-- Data --
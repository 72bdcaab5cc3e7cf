//! Tuples of parts: one after another. They are written by hand, since the gate takes no `impl` that a macro of the
//! repository writes.
use crate::part::Part;
use trace_io::TextSink;

impl Part for () {
    ghost use Rattle.std.specs.Prelude.{[]};

    ghost text = { λ none. [] };

    #[inline(always)]
    fn say<S: TextSink>(self, _out: &mut S) {}
}

impl<A: Part, B: Part> Part for (A, B) {
    ghost use Rattle.std.specs.Prelude.{◌++◌};

    ghost text = { λ parts. A.text parts.0 ++ B.text parts.1 };

    #[inline(always)]
    fn say<S: TextSink>(self, out: &mut S) {
        self.0.say(out);
        self.1.say(out);
    }
}

impl<A: Part, B: Part, C: Part> Part for (A, B, C) {
    ghost use Rattle.std.specs.Prelude.{◌++◌};

    ghost text = { λ parts. A.text parts.0 ++ B.text parts.1 ++ C.text parts.2 };

    #[inline(always)]
    fn say<S: TextSink>(self, out: &mut S) {
        self.0.say(out);
        self.1.say(out);
        self.2.say(out);
    }
}

impl<A: Part, B: Part, C: Part, D: Part> Part for (A, B, C, D) {
    ghost use Rattle.std.specs.Prelude.{◌++◌};

    ghost text = { λ parts. A.text parts.0 ++ B.text parts.1 ++ C.text parts.2 ++ D.text parts.3 };

    #[inline(always)]
    fn say<S: TextSink>(self, out: &mut S) {
        self.0.say(out);
        self.1.say(out);
        self.2.say(out);
        self.3.say(out);
    }
}

impl<A: Part, B: Part, C: Part, D: Part, E: Part> Part for (A, B, C, D, E) {
    ghost use Rattle.std.specs.Prelude.{◌++◌};

    ghost text = { λ parts. A.text parts.0 ++ B.text parts.1 ++ C.text parts.2 ++ D.text parts.3 ++ E.text parts.4 };

    #[inline(always)]
    fn say<S: TextSink>(self, out: &mut S) {
        self.0.say(out);
        self.1.say(out);
        self.2.say(out);
        self.3.say(out);
        self.4.say(out);
    }
}

impl<A: Part, B: Part, C: Part, D: Part, E: Part, F: Part> Part for (A, B, C, D, E, F) {
    ghost use Rattle.std.specs.Prelude.{◌++◌};

    ghost text = { λ parts. A.text parts.0 ++ B.text parts.1 ++ C.text parts.2 ++ D.text parts.3 ++ E.text parts.4 ++ F.text parts.5 };

    #[inline(always)]
    fn say<S: TextSink>(self, out: &mut S) {
        self.0.say(out);
        self.1.say(out);
        self.2.say(out);
        self.3.say(out);
        self.4.say(out);
        self.5.say(out);
    }
}

impl<A: Part, B: Part, C: Part, D: Part, E: Part, F: Part, G: Part> Part for (A, B, C, D, E, F, G) {
    ghost use Rattle.std.specs.Prelude.{◌++◌};

    ghost text = { λ parts. A.text parts.0 ++ B.text parts.1 ++ C.text parts.2 ++ D.text parts.3 ++ E.text parts.4 ++ F.text parts.5
        ++ G.text parts.6 };

    #[inline(always)]
    fn say<S: TextSink>(self, out: &mut S) {
        self.0.say(out);
        self.1.say(out);
        self.2.say(out);
        self.3.say(out);
        self.4.say(out);
        self.5.say(out);
        self.6.say(out);
    }
}

impl<A: Part, B: Part, C: Part, D: Part, E: Part, F: Part, G: Part, H: Part> Part
    for (A, B, C, D, E, F, G, H) {
    ghost use Rattle.std.specs.Prelude.{◌++◌};

    ghost text = { λ parts. A.text parts.0 ++ B.text parts.1 ++ C.text parts.2 ++ D.text parts.3 ++ E.text parts.4 ++ F.text parts.5
        ++ G.text parts.6 ++ H.text parts.7 };

    #[inline(always)]
    fn say<S: TextSink>(self, out: &mut S) {
        self.0.say(out);
        self.1.say(out);
        self.2.say(out);
        self.3.say(out);
        self.4.say(out);
        self.5.say(out);
        self.6.say(out);
        self.7.say(out);
    }
}

impl<A: Part, B: Part, C: Part, D: Part, E: Part, F: Part, G: Part, H: Part, I: Part> Part
    for (A, B, C, D, E, F, G, H, I) {
    ghost use Rattle.std.specs.Prelude.{◌++◌};

    ghost text = { λ parts. A.text parts.0 ++ B.text parts.1 ++ C.text parts.2 ++ D.text parts.3 ++ E.text parts.4 ++ F.text parts.5
        ++ G.text parts.6 ++ H.text parts.7 ++ I.text parts.8 };

    #[inline(always)]
    fn say<S: TextSink>(self, out: &mut S) {
        self.0.say(out);
        self.1.say(out);
        self.2.say(out);
        self.3.say(out);
        self.4.say(out);
        self.5.say(out);
        self.6.say(out);
        self.7.say(out);
        self.8.say(out);
    }
}

impl<A: Part, B: Part, C: Part, D: Part, E: Part, F: Part, G: Part, H: Part, I: Part, J: Part> Part
    for (A, B, C, D, E, F, G, H, I, J) {
    ghost use Rattle.std.specs.Prelude.{◌++◌};

    ghost text = { λ parts. A.text parts.0 ++ B.text parts.1 ++ C.text parts.2 ++ D.text parts.3 ++ E.text parts.4 ++ F.text parts.5
        ++ G.text parts.6 ++ H.text parts.7 ++ I.text parts.8 ++ J.text parts.9 };

    #[inline(always)]
    fn say<S: TextSink>(self, out: &mut S) {
        self.0.say(out);
        self.1.say(out);
        self.2.say(out);
        self.3.say(out);
        self.4.say(out);
        self.5.say(out);
        self.6.say(out);
        self.7.say(out);
        self.8.say(out);
        self.9.say(out);
    }
}

impl<
    A: Part,
    B: Part,
    C: Part,
    D: Part,
    E: Part,
    F: Part,
    G: Part,
    H: Part,
    I: Part,
    J: Part,
    K: Part,
> Part for (A, B, C, D, E, F, G, H, I, J, K) {
    ghost use Rattle.std.specs.Prelude.{◌++◌};

    ghost text = { λ parts. A.text parts.0 ++ B.text parts.1 ++ C.text parts.2 ++ D.text parts.3 ++ E.text parts.4 ++ F.text parts.5
        ++ G.text parts.6 ++ H.text parts.7 ++ I.text parts.8 ++ J.text parts.9 ++ K.text parts.10 };

    #[inline(always)]
    fn say<S: TextSink>(self, out: &mut S) {
        self.0.say(out);
        self.1.say(out);
        self.2.say(out);
        self.3.say(out);
        self.4.say(out);
        self.5.say(out);
        self.6.say(out);
        self.7.say(out);
        self.8.say(out);
        self.9.say(out);
        self.10.say(out);
    }
}

impl<
    A: Part,
    B: Part,
    C: Part,
    D: Part,
    E: Part,
    F: Part,
    G: Part,
    H: Part,
    I: Part,
    J: Part,
    K: Part,
    L: Part,
> Part for (A, B, C, D, E, F, G, H, I, J, K, L) {
    ghost use Rattle.std.specs.Prelude.{◌++◌};

    ghost text = { λ parts. A.text parts.0 ++ B.text parts.1 ++ C.text parts.2 ++ D.text parts.3 ++ E.text parts.4 ++ F.text parts.5
        ++ G.text parts.6 ++ H.text parts.7 ++ I.text parts.8 ++ J.text parts.9 ++ K.text parts.10 ++ L.text parts.11 };

    #[inline(always)]
    fn say<S: TextSink>(self, out: &mut S) {
        self.0.say(out);
        self.1.say(out);
        self.2.say(out);
        self.3.say(out);
        self.4.say(out);
        self.5.say(out);
        self.6.say(out);
        self.7.say(out);
        self.8.say(out);
        self.9.say(out);
        self.10.say(out);
        self.11.say(out);
    }
}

-- What needs to be done --
Full repetition needed. Write out every entry above exactly as given.

-- Answer space --
repository 72bdcaab5cc3e7cf
//! Tuples of parts: one after another. They are written by hand, since the gate takes no `impl` that a macro of the
//! repository writes.
use crate::part::Part;
use trace_io::TextSink;

impl Part for () {
    ghost use Rattle.std.specs.Prelude.{[]};

    ghost text = { λ none. [] };

    #[inline(always)]
    fn say<S: TextSink>(self, _out: &mut S) {}
}

impl<A: Part, B: Part> Part for (A, B) {
    ghost use Rattle.std.specs.Prelude.{◌++◌};

    ghost text = { λ parts. A.text parts.0 ++ B.text parts.1 };

    #[inline(always)]
    fn say<S: TextSink>(self, out: &mut S) {
        self.0.say(out);
        self.1.say(out);
    }
}

impl<A: Part, B: Part, C: Part> Part for (A, B, C) {
    ghost use Rattle.std.specs.Prelude.{◌++◌};

    ghost text = { λ parts. A.text parts.0 ++ B.text parts.1 ++ C.text parts.2 };

    #[inline(always)]
    fn say<S: TextSink>(self, out: &mut S) {
        self.0.say(out);
        self.1.say(out);
        self.2.say(out);
    }
}

impl<A: Part, B: Part, C: Part, D: Part> Part for (A, B, C, D) {
    ghost use Rattle.std.specs.Prelude.{◌++◌};

    ghost text = { λ parts. A.text parts.0 ++ B.text parts.1 ++ C.text parts.2 ++ D.text parts.3 };

    #[inline(always)]
    fn say<S: TextSink>(self, out: &mut S) {
        self.0.say(out);
        self.1.say(out);
        self.2.say(out);
        self.3.say(out);
    }
}

impl<A: Part, B: Part, C: Part, D: Part, E: Part> Part for (A, B, C, D, E) {
    ghost use Rattle.std.specs.Prelude.{◌++◌};

    ghost text = { λ parts. A.text parts.0 ++ B.text parts.1 ++ C.text parts.2 ++ D.text parts.3 ++ E.text parts.4 };

    #[inline(always)]
    fn say<S: TextSink>(self, out: &mut S) {
        self.0.say(out);
        self.1.say(out);
        self.2.say(out);
        self.3.say(out);
        self.4.say(out);
    }
}

impl<A: Part, B: Part, C: Part, D: Part, E: Part, F: Part> Part for (A, B, C, D, E, F) {
    ghost use Rattle.std.specs.Prelude.{◌++◌};

    ghost text = { λ parts. A.text parts.0 ++ B.text parts.1 ++ C.text parts.2 ++ D.text parts.3 ++ E.text parts.4 ++ F.text parts.5 };

    #[inline(always)]
    fn say<S: TextSink>(self, out: &mut S) {
        self.0.say(out);
        self.1.say(out);
        self.2.say(out);
        self.3.say(out);
        self.4.say(out);
        self.5.say(out);
    }
}

impl<A: Part, B: Part, C: Part, D: Part, E: Part, F: Part, G: Part> Part for (A, B, C, D, E, F, G) {
    ghost use Rattle.std.specs.Prelude.{◌++◌};

    ghost text = { λ parts. A.text parts.0 ++ B.text parts.1 ++ C.text parts.2 ++ D.text parts.3 ++ E.text parts.4 ++ F.text parts.5
        ++ G.text parts.6 };

    #[inline(always)]
    fn say<S: TextSink>(self, out: &mut S) {
        self.0.say(out);
        self.1.say(out);
        self.2.say(out);
        self.3.say(out);
        self.4.say(out);
        self.5.say(out);
        self.6.say(out);
    }
}

impl<A: Part, B: Part, C: Part, D: Part, E: Part, F: Part, G: Part, H: Part> Part
    for (A, B, C, D, E, F, G, H) {
    ghost use Rattle.std.specs.Prelude.{◌++◌};

    ghost text = { λ parts. A.text parts.0 ++ B.text parts.1 ++ C.text parts.2 ++ D.text parts.3 ++ E.text parts.4 ++ F.text parts.5
        ++ G.text parts.6 ++ H.text parts.7 };

    #[inline(always)]
    fn say<S: TextSink>(self, out: &mut S) {
        self.0.say(out);
        self.1.say(out);
        self.2.say(out);
        self.3.say(out);
        self.4.say(out);
        self.5.say(out);
        self.6.say(out);
        self.7.say(out);
    }
}

impl<A: Part, B: Part, C: Part, D: Part, E: Part, F: Part, G: Part, H: Part, I: Part> Part
    for (A, B, C, D, E, F, G, H, I) {
    ghost use Rattle.std.specs.Prelude.{◌++◌};

    ghost text = { λ parts. A.text parts.0 ++ B.text parts.1 ++ C.text parts.2 ++ D.text parts.3 ++ E.text parts.4 ++ F.text parts.5
        ++ G.text parts.6 ++ H.text parts.7 ++ I.text parts.8 };

    #[inline(always)]
    fn say<S: TextSink>(self, out: &mut S) {
        self.0.say(out);
        self.1.say(out);
        self.2.say(out);
        self.3.say(out);
        self.4.say(out);
        self.5.say(out);
        self.6.say(out);
        self.7.say(out);
        self.8.say(out);
    }
}

impl<A: Part, B: Part, C: Part, D: Part, E: Part, F: Part, G: Part, H: Part, I: Part, J: Part> Part
    for (A, B, C, D, E, F, G, H, I, J) {
    ghost use Rattle.std.specs.Prelude.{◌++◌};

    ghost text = { λ parts. A.text parts.0 ++ B.text parts.1 ++ C.text parts.2 ++ D.text parts.3 ++ E.text parts.4 ++ F.text parts.5
        ++ G.text parts.6 ++ H.text parts.7 ++ I.text parts.8 ++ J.text parts.9 };

    #[inline(always)]
    fn say<S: TextSink>(self, out: &mut S) {
        self.0.say(out);
        self.1.say(out);
        self.2.say(out);
        self.3.say(out);
        self.4.say(out);
        self.5.say(out);
        self.6.say(out);
        self.7.say(out);
        self.8.say(out);
        self.9.say(out);
    }
}

impl<
    A: Part,
    B: Part,
    C: Part,
    D: Part,
    E: Part,
    F: Part,
    G: Part,
    H: Part,
    I: Part,
    J: Part,
    K: Part,
> Part for (A, B, C, D, E, F, G, H, I, J, K) {
    ghost use Rattle.std.specs.Prelude.{◌++◌};

    ghost text = { λ parts. A.text parts.0 ++ B.text parts.1 ++ C.text parts.2 ++ D.text parts.3 ++ E.text parts.4 ++ F.text parts.5
        ++ G.text parts.6 ++ H.text parts.7 ++ I.text parts.8 ++ J.text parts.9 ++ K.text parts.10 };

    #[inline(always)]
    fn say<S: TextSink>(self, out: &mut S) {
        self.0.say(out);
        self.1.say(out);
        self.2.say(out);
        self.3.say(out);
        self.4.say(out);
        self.5.say(out);
        self.6.say(out);
        self.7.say(out);
        self.8.say(out);
        self.9.say(out);
        self.10.say(out);
    }
}

impl<
    A: Part,
    B: Part,
    C: Part,
    D: Part,
    E: Part,
    F: Part,
    G: Part,
    H: Part,
    I: Part,
    J: Part,
    K: Part,
    L: Part,
> Part for (A, B, C, D, E, F, G, H, I, J, K, L) {
    ghost use Rattle.std.specs.Prelude.{◌++◌};

    ghost text = { λ parts. A.text parts.0 ++ B.text parts.1 ++ C.text parts.2 ++ D.text parts.3 ++ E.text parts.4 ++ F.text parts.5
        ++ G.text parts.6 ++ H.text parts.7 ++ I.text parts.8 ++ J.text parts.9 ++ K.text parts.10 ++ L.text parts.11 };

    #[inline(always)]
    fn say<S: TextSink>(self, out: &mut S) {
        self.0.say(out);
        self.1.say(out);
        self.2.say(out);
        self.3.say(out);
        self.4.say(out);
        self.5.say(out);
        self.6.say(out);
        self.7.say(out);
        self.8.say(out);
        self.9.say(out);
        self.10.say(out);
        self.11.say(out);
    }
}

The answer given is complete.